■ Dataset:
//! Statements, read from tokens: one function for each form, by the keyword that it begins with.

ghost use Rattle.std.specs.Prelude.{◌≡◌, ◌+◌, ◌<◌, ◌≤◌, length, false, None, IfOk, IsErrOf};
ghost use Rattle.c_syntax.specs.View.{form_shape, stmt_shape, compound_shape, item_list};
ghost use Rattle.c_syntax.specs.Levels.{form_height, stmt_height, compound_height, items_height};
ghost use Rattle.c_grammar.specs.Look.{Finds};
ghost use Rattle.c_grammar.specs.Found.{Found};
ghost use Rattle.c_grammar_stmt.specs.StmtReader.{reads_form, reads_stmt, reads_items, reads_compound};
ghost use Rattle.c_grammar_stmt.specs.StmtParts.{if_parts, while_parts, do_parts, for_parts, switch_parts};
ghost use Rattle.c_grammar_stmt.specs.StmtFound.{brace_there, ItemFound};

use crate::forms::{
    at_brace, compound_at, do_form, either_form, for_form, read_head, read_labels, read_marks,
    read_parens, read_plain, switch_form, when_form, while_form,
};
use c_base::place::Pos;
use c_grammar::look::{MOST_LEVELS, Standing, Stop, first_place, past, past_key};
use c_grammar::nodes::{boxed, put};
use c_grammar::size::higher;
use c_parse_expr::decl::read_decls;
use c_syntax::token::{Key, Mark, Token};
use c_syntax::tree::{Compound, Item, Stmt, StmtForm};
use std::alloc::Global;

/// A statement with the block probes in front of it, its levels, and what follows it. There are `depth` levels above it.
#[cycle(statements)]
#[tactic(auto, using(c_grammar_stmt::proofs::StmtSteps::stmt_deep))]
pub fn read_statement<'a>(
    alloc: Global,
    depth: u32,
    input: &'a [Token],
) -> Result<(Box<Stmt>, u32, &'a [Token]), Stop>
    requires deep { depth ≤ 400 }
    requires tokens { length input.now < 4294967296 }
    ensures found { IfOk result (λ p. Found (reads_stmt depth) stmt_height input.now (stmt_shape p.0.value) p.1 p.2.now) }
    ensures low { IfOk result (λ p. p.1 + depth ≤ 400) }
    ensures no_longer { IfOk result (λ p. length p.2.now ≤ length input.now) }
    ensures shorter { IfOk result (λ p. length p.2.now < length input.now) }
    ensures fails { IsErrOf result Stop.Syntax → Finds (reads_stmt depth) input.now None }
{
    if depth >= MOST_LEVELS {
        return Err(Stop::Syntax);
    }
    let pos = first_place(input);
    let (probes, behind) = read_marks(alloc, input)?;
    let at = first_place(behind);
    let (form, levels, rest) = read_form(alloc, depth, behind)?;
    let stmt = boxed(
        alloc,
        Stmt {
            pos,
            probes,
            at,
            form,
        },
    )?;
    Ok((stmt, levels + 1, rest))
}

// The form of a statement that has `depth` levels above it, by its first token; the form's levels, and what follows it.
#[cycle(statements)]
#[tactic(auto, using(c_grammar_stmt::proofs::StmtRead::no_nest, c_grammar_stmt::proofs::StmtRead::braced_unread, c_grammar_stmt::proofs::StmtRead::no_if_there, c_grammar_stmt::proofs::StmtRead::no_while_there, c_grammar_stmt::proofs::StmtRead::no_do_there, c_grammar_stmt::proofs::StmtRead::no_for_there, c_grammar_stmt::proofs::StmtRead::no_switch_there))]
fn read_form<'a>(
    alloc: Global,
    depth: u32,
    input: &'a [Token],
) -> Result<(StmtForm, u32, &'a [Token]), Stop>
    requires deep { depth < 400 }
    requires tokens { length input.now < 4294967296 }
    ensures found { IfOk result (λ p. Found (reads_form depth) form_height input.now (form_shape p.0) p.1 p.2.now) }
    ensures low { IfOk result (λ p. p.1 + depth < 400) }
    ensures shorter { IfOk result (λ p. length p.2.now < length input.now) }
    ensures fails { IsErrOf result Stop.Syntax → Finds (reads_form depth) input.now None }
{
    if let Some(behind) = past(input, Mark::LeftBrace) {
        let pos = first_place(input);
        let (compound, levels, rest) = read_compound(alloc, depth + 1, pos, behind)?;
        return Ok((StmtForm::Compound(compound), levels, rest));
    }
    if let Some(behind) = past_key(input, Key::If) {
        return read_if(alloc, depth, behind);
    }
    if let Some(behind) = past_key(input, Key::While) {
        return read_while(alloc, depth, behind);
    }
    if let Some(behind) = past_key(input, Key::Do) {
        return read_do(alloc, depth, behind);
    }
    if let Some(behind) = past_key(input, Key::For) {
        return read_for(alloc, depth, behind);
    }
    if let Some(behind) = past_key(input, Key::Switch) {
        return read_switch(alloc, depth, behind);
    }
    read_plain(alloc, depth, input)
}

// What stands behind `if`.
#[cycle(statements)]
#[tactic(auto, using(c_grammar_stmt::proofs::StmtRead::if_testless))]
fn read_if<'a>(
    alloc: Global,
    depth: u32,
    input: &'a [Token],
) -> Result<(StmtForm, u32, &'a [Token]), Stop>
    requires deep { depth < 400 }
    requires tokens { length input.now < 4294967296 }
    ensures found { IfOk result (λ p. Found (if_parts depth) form_height input.now (form_shape p.0) p.1 p.2.now) }
    ensures low { IfOk result (λ p. p.1 + depth < 400) }
    ensures no_longer { IfOk result (λ p. length p.2.now ≤ length input.now) }
    ensures fails { IsErrOf result Stop.Syntax → Finds (if_parts depth) input.now None }
{
    let (test, test_levels, behind) = read_parens(alloc, depth + 1, input)?;
    let (body, body_levels, rest) = read_statement(alloc, depth + 1, behind)?;
    let Some(other) = past_key(rest, Key::Else) else {
        let levels = higher(test_levels, body_levels);
        return Ok((when_form(test, body), levels, rest));
    };
    let (last, last_levels, end) = read_statement(alloc, depth + 1, other)?;
    let levels = higher(test_levels, higher(body_levels, last_levels));
    Ok((either_form(test, body, last), levels, end))
}

// What stands behind `while`.
#[cycle(statements)]
#[tactic(auto, using(c_grammar_stmt::proofs::StmtRead::while_testless))]
fn read_while<'a>(
    alloc: Global,
    depth: u32,
    input: &'a [Token],
) -> Result<(StmtForm, u32, &'a [Token]), Stop>
    requires deep { depth < 400 }
    requires tokens { length input.now < 4294967296 }
    ensures found { IfOk result (λ p. Found (while_parts depth) form_height input.now (form_shape p.0) p.1 p.2.now) }
    ensures low { IfOk result (λ p. p.1 + depth < 400) }
    ensures no_longer { IfOk result (λ p. length p.2.now ≤ length input.now) }
    ensures fails { IsErrOf result Stop.Syntax → Finds (while_parts depth) input.now None }
{
    let (test, test_levels, behind) = read_parens(alloc, depth + 1, input)?;
    let (body, body_levels, rest) = read_statement(alloc, depth + 1, behind)?;
    let levels = higher(test_levels, body_levels);
    Ok((while_form(test, body), levels, rest))
}

// What stands behind `do`.
#[cycle(statements)]
#[tactic(auto, using(c_grammar_stmt::proofs::StmtRead::do_bodiless))]
fn read_do<'a>(
    alloc: Global,
    depth: u32,
    input: &'a [Token],
) -> Result<(StmtForm, u32, &'a [Token]), Stop>
    requires deep { depth < 400 }
    requires tokens { length input.now < 4294967296 }
    ensures found { IfOk result (λ p. Found (do_parts depth) form_height input.now (form_shape p.0) p.1 p.2.now) }
    ensures low { IfOk result (λ p. p.1 + depth < 400) }
    ensures no_longer { IfOk result (λ p. length p.2.now ≤ length input.now) }
    ensures fails { IsErrOf result Stop.Syntax → Finds (do_parts depth) input.now None }
{
    let (body, body_levels, behind) = read_statement(alloc, depth + 1, input)?;
    let Some(inside) = past_key(behind, Key::While) else {
        return Err(Stop::Syntax);
    };
    let (test, test_levels, last) = read_parens(alloc, depth + 1, inside)?;
    let Some(rest) = past(last, Mark::Semicolon) else {
        return Err(Stop::Syntax);
    };
    let levels = higher(body_levels, test_levels);
    Ok((do_form(body, test), levels, rest))
}

// What stands behind `for`.
#[cycle(statements)]
fn read_for<'a>(
    alloc: Global,
    depth: u32,
    input: &'a [Token],
) -> Result<(StmtForm, u32, &'a [Token]), Stop>
    requires deep { depth < 400 }
    requires tokens { length input.now < 4294967296 }
    ensures found { IfOk result (λ p. Found (for_parts depth) form_height input.now (form_shape p.0) p.1 p.2.now) }
    ensures low { IfOk result (λ p. p.1 + depth < 400) }
    ensures no_longer { IfOk result (λ p. length p.2.now ≤ length input.now) }
    ensures fails { IsErrOf result Stop.Syntax → Finds (for_parts depth) input.now None }
{
    let (head, head_levels, behind) = read_head(alloc, depth, input)?;
    let (body, body_levels, rest) = read_statement(alloc, depth + 1, behind)?;
    let levels = higher(head_levels, body_levels);
    Ok((for_form(head, body), levels, rest))
}

// What stands behind `switch`.
#[cycle(statements)]
#[tactic(auto, using(c_grammar_stmt::proofs::StmtRead::switch_testless))]
fn read_switch<'a>(
    alloc: Global,
    depth: u32,
    input: &'a [Token],
) -> Result<(StmtForm, u32, &'a [Token]), Stop>
    requires deep { depth < 400 }
    requires tokens { length input.now < 4294967296 }
    ensures found { IfOk result (λ p. Found (switch_parts depth) form_height input.now (form_shape p.0) p.1 p.2.now) }
    ensures low { IfOk result (λ p. p.1 + depth < 400) }
    ensures no_longer { IfOk result (λ p. length p.2.now ≤ length input.now) }
    ensures fails { IsErrOf result Stop.Syntax → Finds (switch_parts depth) input.now None }
{
    let (test, test_levels, behind) = read_parens(alloc, depth + 1, input)?;
    let Some(inside) = past(behind, Mark::LeftBrace) else {
        return Err(Stop::Syntax);
    };
    let (items, item_levels, last) = read_items(alloc, depth + 1, inside)?;
    let Some(rest) = past(last, Mark::RightBrace) else {
        return Err(Stop::Syntax);
    };
    let levels = higher(test_levels, item_levels);
    Ok((switch_form(test, items), levels, rest))
}

// A statement of a list with its labels, its levels, and what follows it. There are `depth` levels above the list's
// statements; labels take one more.
#[cycle(statements)]
#[tactic(auto, using(c_grammar_stmt::proofs::StmtRead::item_unlabelled))]
fn read_item<'a>(
    alloc: Global,
    depth: u32,
    input: &'a [Token],
) -> Result<(Item, u32, &'a [Token]), Stop>
    requires deep { depth < 400 }
    requires tokens { length input.now < 4294967296 }
    requires more { brace_there input.now ≡ false }
    ensures found { IfOk result (λ p. ItemFound depth input.now p.0 p.1 p.2.now) }
    ensures low { IfOk result (λ p. p.1 + depth ≤ 400) }
    ensures shorter { IfOk result (λ p. length p.2.now < length input.now) }
    ensures fails { IsErrOf result Stop.Syntax → Finds (reads_items depth) input.now None }
{
    let (labels, label_levels, behind) = read_labels(alloc, depth, input)?;
    if labels.is_empty() {
        let (stmt, levels, rest) = read_statement(alloc, depth, behind)?;
        let stmt = Box::into_inner(stmt);
        return Ok((Item { labels, stmt }, levels, rest));
    }
    let (stmt, stmt_levels, rest) = read_statement(alloc, depth + 1, behind)?;
    let levels = higher(label_levels, stmt_levels) + 1;
    let stmt = Box::into_inner(stmt);
    Ok((Item { labels, stmt }, levels, rest))
}

// The statements of a list up to its closing brace, which is left; the levels of the deepest, and what follows them.
#[cycle(statements)]
#[tactic(auto, using(c_grammar_stmt::proofs::StmtSteps::item_list_start, c_grammar_stmt::proofs::StmtRead::items_read, c_grammar_stmt::proofs::StmtRead::items_unread, c_grammar_stmt::proofs::StmtRead::items_too_deep))]
fn read_items<'a>(
    alloc: Global,
    depth: u32,
    input: &'a [Token],
) -> Result<(Vec<Item>, u32, &'a [Token]), Stop>
    requires deep { depth ≤ 400 }
    requires tokens { length input.now < 4294967296 }
    ensures found { IfOk result (λ p. Found (reads_items depth) items_height input.now (item_list p.0.items) p.1 p.2.now) }
    ensures low { IfOk result (λ p. p.1 + depth ≤ 400) }
    ensures no_longer { IfOk result (λ p. length p.2.now ≤ length input.now) }
    ensures fails { IsErrOf result Stop.Syntax → Finds (reads_items depth) input.now None }
{
    let mut items = Vec::new(alloc);
    let mut levels = 0;
    let mut rest = input;
    while !at_brace(rest) {
        if depth >= MOST_LEVELS {
            return Err(Stop::Syntax);
        }
        let (item, item_levels, behind) = read_item(alloc, depth, rest)?;
        put(&mut items, item)?;
        levels = higher(levels, item_levels);
        rest = behind;
    }
    Ok((items, levels, rest))
}

/// A compound behind its brace, which stands at `pos`; its levels, and what follows it. There are `depth` levels above
/// it.
#[cycle(statements)]
#[tactic(auto, using(c_grammar_stmt::proofs::StmtRead::compound_declless, c_grammar_stmt::proofs::StmtSteps::compound_deep))]
pub fn read_compound<'a>(
    alloc: Global,
    depth: u32,
    pos: Pos,
    input: &'a [Token],
) -> Result<(Compound, u32, &'a [Token]), Stop>
    requires deep { depth ≤ 400 }
    requires tokens { length input.now < 4294967296 }
    ensures found { IfOk result (λ p. Found (reads_compound depth pos) compound_height input.now (compound_shape p.0) p.1 p.2.now) }
    ensures low { IfOk result (λ p. p.1 + depth ≤ 400) }
    ensures no_longer { IfOk result (λ p. length p.2.now ≤ length input.now) }
    ensures fails { IsErrOf result Stop.Syntax → Finds (reads_compound depth pos) input.now None }
{
    if depth >= MOST_LEVELS {
        return Err(Stop::Syntax);
    }
    let (decls, decl_levels, behind) = read_decls(alloc, Standing::Names, depth + 1, 0, input)?;
    let (items, item_levels, last) = read_items(alloc, depth + 1, behind)?;
    let Some(rest) = past(last, Mark::RightBrace) else {
        return Err(Stop::Syntax);
    };
    let levels = higher(decl_levels, item_levels) + 1;
    Ok((compound_at(pos, decls, items), levels, rest))
}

■ How to complete this task: Look through the records and copy every line that has the word "other".

■ Written answer:
    let Some(other) = past_key(rest, Key::Else) else {
    let (last, last_levels, end) = read_statement(alloc, depth + 1, other)?;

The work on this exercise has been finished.